> _Available data_:
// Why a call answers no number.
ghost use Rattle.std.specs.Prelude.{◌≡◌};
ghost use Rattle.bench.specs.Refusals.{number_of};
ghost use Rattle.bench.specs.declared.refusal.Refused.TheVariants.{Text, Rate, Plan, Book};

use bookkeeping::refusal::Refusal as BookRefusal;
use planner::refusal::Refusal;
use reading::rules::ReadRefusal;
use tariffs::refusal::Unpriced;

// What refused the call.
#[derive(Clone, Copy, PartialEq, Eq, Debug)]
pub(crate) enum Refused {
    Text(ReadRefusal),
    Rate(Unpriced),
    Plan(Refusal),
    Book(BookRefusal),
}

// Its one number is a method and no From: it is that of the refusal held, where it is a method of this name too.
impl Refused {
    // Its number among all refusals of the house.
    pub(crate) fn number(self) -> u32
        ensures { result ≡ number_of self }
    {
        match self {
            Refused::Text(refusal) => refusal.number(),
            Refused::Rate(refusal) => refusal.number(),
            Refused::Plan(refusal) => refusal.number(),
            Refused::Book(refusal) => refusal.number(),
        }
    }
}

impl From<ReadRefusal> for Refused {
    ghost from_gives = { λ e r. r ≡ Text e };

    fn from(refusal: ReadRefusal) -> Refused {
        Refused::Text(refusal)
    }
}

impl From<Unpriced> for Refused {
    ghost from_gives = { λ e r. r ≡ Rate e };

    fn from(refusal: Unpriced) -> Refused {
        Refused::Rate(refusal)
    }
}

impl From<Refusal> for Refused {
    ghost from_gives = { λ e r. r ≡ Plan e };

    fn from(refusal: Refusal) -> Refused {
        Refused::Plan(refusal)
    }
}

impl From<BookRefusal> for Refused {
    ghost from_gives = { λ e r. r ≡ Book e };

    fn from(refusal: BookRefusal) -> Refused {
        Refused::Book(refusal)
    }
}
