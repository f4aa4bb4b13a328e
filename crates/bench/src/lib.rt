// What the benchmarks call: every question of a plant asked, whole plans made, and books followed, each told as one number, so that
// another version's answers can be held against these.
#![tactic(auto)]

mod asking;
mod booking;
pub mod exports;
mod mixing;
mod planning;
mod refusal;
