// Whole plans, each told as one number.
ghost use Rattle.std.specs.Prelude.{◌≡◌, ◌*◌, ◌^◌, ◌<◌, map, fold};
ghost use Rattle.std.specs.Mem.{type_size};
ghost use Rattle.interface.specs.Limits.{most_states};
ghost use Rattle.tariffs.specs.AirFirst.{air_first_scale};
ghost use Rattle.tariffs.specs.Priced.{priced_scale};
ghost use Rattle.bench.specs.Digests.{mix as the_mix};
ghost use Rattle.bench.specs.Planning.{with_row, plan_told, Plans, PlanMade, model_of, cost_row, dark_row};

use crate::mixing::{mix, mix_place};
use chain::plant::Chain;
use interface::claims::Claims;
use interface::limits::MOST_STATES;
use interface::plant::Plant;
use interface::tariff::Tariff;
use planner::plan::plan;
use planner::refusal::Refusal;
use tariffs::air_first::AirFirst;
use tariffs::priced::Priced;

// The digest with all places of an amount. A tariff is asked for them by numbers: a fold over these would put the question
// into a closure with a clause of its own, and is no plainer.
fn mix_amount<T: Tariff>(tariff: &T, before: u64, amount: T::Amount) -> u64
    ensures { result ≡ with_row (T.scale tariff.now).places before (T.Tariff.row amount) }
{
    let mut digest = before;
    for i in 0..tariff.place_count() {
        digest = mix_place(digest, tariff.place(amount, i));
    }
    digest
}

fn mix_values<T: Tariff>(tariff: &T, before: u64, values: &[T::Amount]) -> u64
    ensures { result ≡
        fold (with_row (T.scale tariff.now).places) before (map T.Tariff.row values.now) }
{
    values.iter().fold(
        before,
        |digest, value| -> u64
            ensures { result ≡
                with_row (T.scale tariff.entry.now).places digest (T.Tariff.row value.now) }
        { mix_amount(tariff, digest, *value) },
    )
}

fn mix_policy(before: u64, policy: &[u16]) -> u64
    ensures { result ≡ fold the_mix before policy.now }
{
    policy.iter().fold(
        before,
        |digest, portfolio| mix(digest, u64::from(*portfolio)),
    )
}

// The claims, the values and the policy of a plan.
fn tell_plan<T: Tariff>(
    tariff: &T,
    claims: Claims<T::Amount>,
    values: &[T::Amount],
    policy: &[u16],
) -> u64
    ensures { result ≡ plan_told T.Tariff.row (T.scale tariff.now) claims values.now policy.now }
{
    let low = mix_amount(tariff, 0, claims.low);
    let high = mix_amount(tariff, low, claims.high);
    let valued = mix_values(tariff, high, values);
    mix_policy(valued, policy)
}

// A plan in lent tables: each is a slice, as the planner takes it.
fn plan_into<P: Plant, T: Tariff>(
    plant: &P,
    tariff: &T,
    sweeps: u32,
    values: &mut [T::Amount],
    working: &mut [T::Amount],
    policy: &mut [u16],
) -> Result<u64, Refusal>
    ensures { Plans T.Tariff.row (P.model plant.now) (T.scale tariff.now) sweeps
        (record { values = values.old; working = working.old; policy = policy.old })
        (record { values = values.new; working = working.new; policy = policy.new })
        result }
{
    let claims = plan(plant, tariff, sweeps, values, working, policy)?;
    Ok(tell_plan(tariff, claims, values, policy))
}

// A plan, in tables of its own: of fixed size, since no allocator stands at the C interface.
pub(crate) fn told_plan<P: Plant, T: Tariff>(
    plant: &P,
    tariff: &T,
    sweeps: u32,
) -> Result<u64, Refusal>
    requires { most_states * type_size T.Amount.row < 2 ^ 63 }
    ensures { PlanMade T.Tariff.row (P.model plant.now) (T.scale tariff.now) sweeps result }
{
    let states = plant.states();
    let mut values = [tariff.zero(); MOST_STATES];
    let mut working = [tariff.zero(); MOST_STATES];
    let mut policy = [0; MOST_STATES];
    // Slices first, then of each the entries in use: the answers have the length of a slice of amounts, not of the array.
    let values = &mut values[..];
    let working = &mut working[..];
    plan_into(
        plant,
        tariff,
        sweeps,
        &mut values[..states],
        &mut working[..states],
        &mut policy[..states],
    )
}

> _About this task_: Nothing in the entries may be left out; each line is to be output exactly.

> _Task response_:
// Why a call answers no number.
ghost use Rattle.std.specs.Prelude.{◌≡◌};
ghost use Rattle.bench.specs.Refusals.{number_of};
ghost use Rattle.bench.specs.declared.refusal.Refused.TheVariants.{Text, Rate, Plan, Book};

use bookkeeping::refusal::Refusal as BookRefusal;
use planner::refusal::Refusal;
use reading::rules::ReadRefusal;
use tariffs::refusal::Unpriced;

// What refused the call.
#[derive(Clone, Copy, PartialEq, Eq, Debug)]
pub(crate) enum Refused {
    Text(ReadRefusal),
    Rate(Unpriced),
    Plan(Refusal),
    Book(BookRefusal),
}

// Its one number is a method and no From: it is that of the refusal held, where it is a method of this name too.
impl Refused {
    // Its number among all refusals of the house.
    pub(crate) fn number(self) -> u32
        ensures { result ≡ number_of self }
    {
        match self {
            Refused::Text(refusal) => refusal.number(),
            Refused::Rate(refusal) => refusal.number(),
            Refused::Plan(refusal) => refusal.number(),
            Refused::Book(refusal) => refusal.number(),
        }
    }
}

impl From<ReadRefusal> for Refused {
    ghost from_gives = { λ e r. r ≡ Text e };

    fn from(refusal: ReadRefusal) -> Refused {
        Refused::Text(refusal)
    }
}

impl From<Unpriced> for Refused {
    ghost from_gives = { λ e r. r ≡ Rate e };

    fn from(refusal: Unpriced) -> Refused {
        Refused::Rate(refusal)
    }
}

impl From<Refusal> for Refused {
    ghost from_gives = { λ e r. r ≡ Plan e };

    fn from(refusal: Refusal) -> Refused {
        Refused::Plan(refusal)
    }
}

impl From<BookRefusal> for Refused {
    ghost from_gives = { λ e r. r ≡ Book e };

    fn from(refusal: BookRefusal) -> Refused {
        Refused::Book(refusal)
    }
}
repository f4aa4bb4b13a328e
filename crates/bench/src/lib.rt
// What the benchmarks call: every question of a plant asked, whole plans made, and books followed, each told as one number, so that
// another version's answers can be held against these.
#![tactic(auto)]

mod asking;
mod booking;
pub mod exports;
mod mixing;
mod planning;
mod refusal;
// Whole plans, each told as one number.
ghost use Rattle.std.specs.Prelude.{◌≡◌, ◌*◌, ◌^◌, ◌<◌, map, fold};
ghost use Rattle.std.specs.Mem.{type_size};
ghost use Rattle.interface.specs.Limits.{most_states};
ghost use Rattle.tariffs.specs.AirFirst.{air_first_scale};
ghost use Rattle.tariffs.specs.Priced.{priced_scale};
ghost use Rattle.bench.specs.Digests.{mix as the_mix};
ghost use Rattle.bench.specs.Planning.{with_row, plan_told, Plans, PlanMade, model_of, cost_row, dark_row};

use crate::mixing::{mix, mix_place};
use chain::plant::Chain;
use interface::claims::Claims;
use interface::limits::MOST_STATES;
use interface::plant::Plant;
use interface::tariff::Tariff;
use planner::plan::plan;
use planner::refusal::Refusal;
use tariffs::air_first::AirFirst;
use tariffs::priced::Priced;

// The digest with all places of an amount. A tariff is asked for them by numbers: a fold over these would put the question
// into a closure with a clause of its own, and is no plainer.
fn mix_amount<T: Tariff>(tariff: &T, before: u64, amount: T::Amount) -> u64
    ensures { result ≡ with_row (T.scale tariff.now).places before (T.Tariff.row amount) }
{
    let mut digest = before;
    for i in 0..tariff.place_count() {
        digest = mix_place(digest, tariff.place(amount, i));
    }
    digest
}

fn mix_values<T: Tariff>(tariff: &T, before: u64, values: &[T::Amount]) -> u64
    ensures { result ≡
        fold (with_row (T.scale tariff.now).places) before (map T.Tariff.row values.now) }
{
    values.iter().fold(
        before,
        |digest, value| -> u64
            ensures { result ≡
                with_row (T.scale tariff.entry.now).places digest (T.Tariff.row value.now) }
        { mix_amount(tariff, digest, *value) },
    )
}

fn mix_policy(before: u64, policy: &[u16]) -> u64
    ensures { result ≡ fold the_mix before policy.now }
{
    policy.iter().fold(
        before,
        |digest, portfolio| mix(digest, u64::from(*portfolio)),
    )
}

// The claims, the values and the policy of a plan.
fn tell_plan<T: Tariff>(
    tariff: &T,
    claims: Claims<T::Amount>,
    values: &[T::Amount],
    policy: &[u16],
) -> u64
    ensures { result ≡ plan_told T.Tariff.row (T.scale tariff.now) claims values.now policy.now }
{
    let low = mix_amount(tariff, 0, claims.low);
    let high = mix_amount(tariff, low, claims.high);
    let valued = mix_values(tariff, high, values);
    mix_policy(valued, policy)
}

// A plan in lent tables: each is a slice, as the planner takes it.
fn plan_into<P: Plant, T: Tariff>(
    plant: &P,
    tariff: &T,
    sweeps: u32,
    values: &mut [T::Amount],
    working: &mut [T::Amount],
    policy: &mut [u16],
) -> Result<u64, Refusal>
    ensures { Plans T.Tariff.row (P.model plant.now) (T.scale tariff.now) sweeps
        (record { values = values.old; working = working.old; policy = policy.old })
        (record { values = values.new; working = working.new; policy = policy.new })
        result }
{
    let claims = plan(plant, tariff, sweeps, values, working, policy)?;
    Ok(tell_plan(tariff, claims, values, policy))
}

// A plan, in tables of its own: of fixed size, since no allocator stands at the C interface.
pub(crate) fn told_plan<P: Plant, T: Tariff>(
    plant: &P,
    tariff: &T,
    sweeps: u32,
) -> Result<u64, Refusal>
    requires { most_states * type_size T.Amount.row < 2 ^ 63 }
    ensures { PlanMade T.Tariff.row (P.model plant.now) (T.scale tariff.now) sweeps result }
{
    let states = plant.states();
    let mut values = [tariff.zero(); MOST_STATES];
    let mut working = [tariff.zero(); MOST_STATES];
    let mut policy = [0; MOST_STATES];
    // Slices first, then of each the entries in use: the answers have the length of a slice of amounts, not of the array.
    let values = &mut values[..];
    let working = &mut working[..];
    plan_into(
        plant,
        tariff,
        sweeps,
        &mut values[..states],
        &mut working[..states],
        &mut policy[..states],
    )
}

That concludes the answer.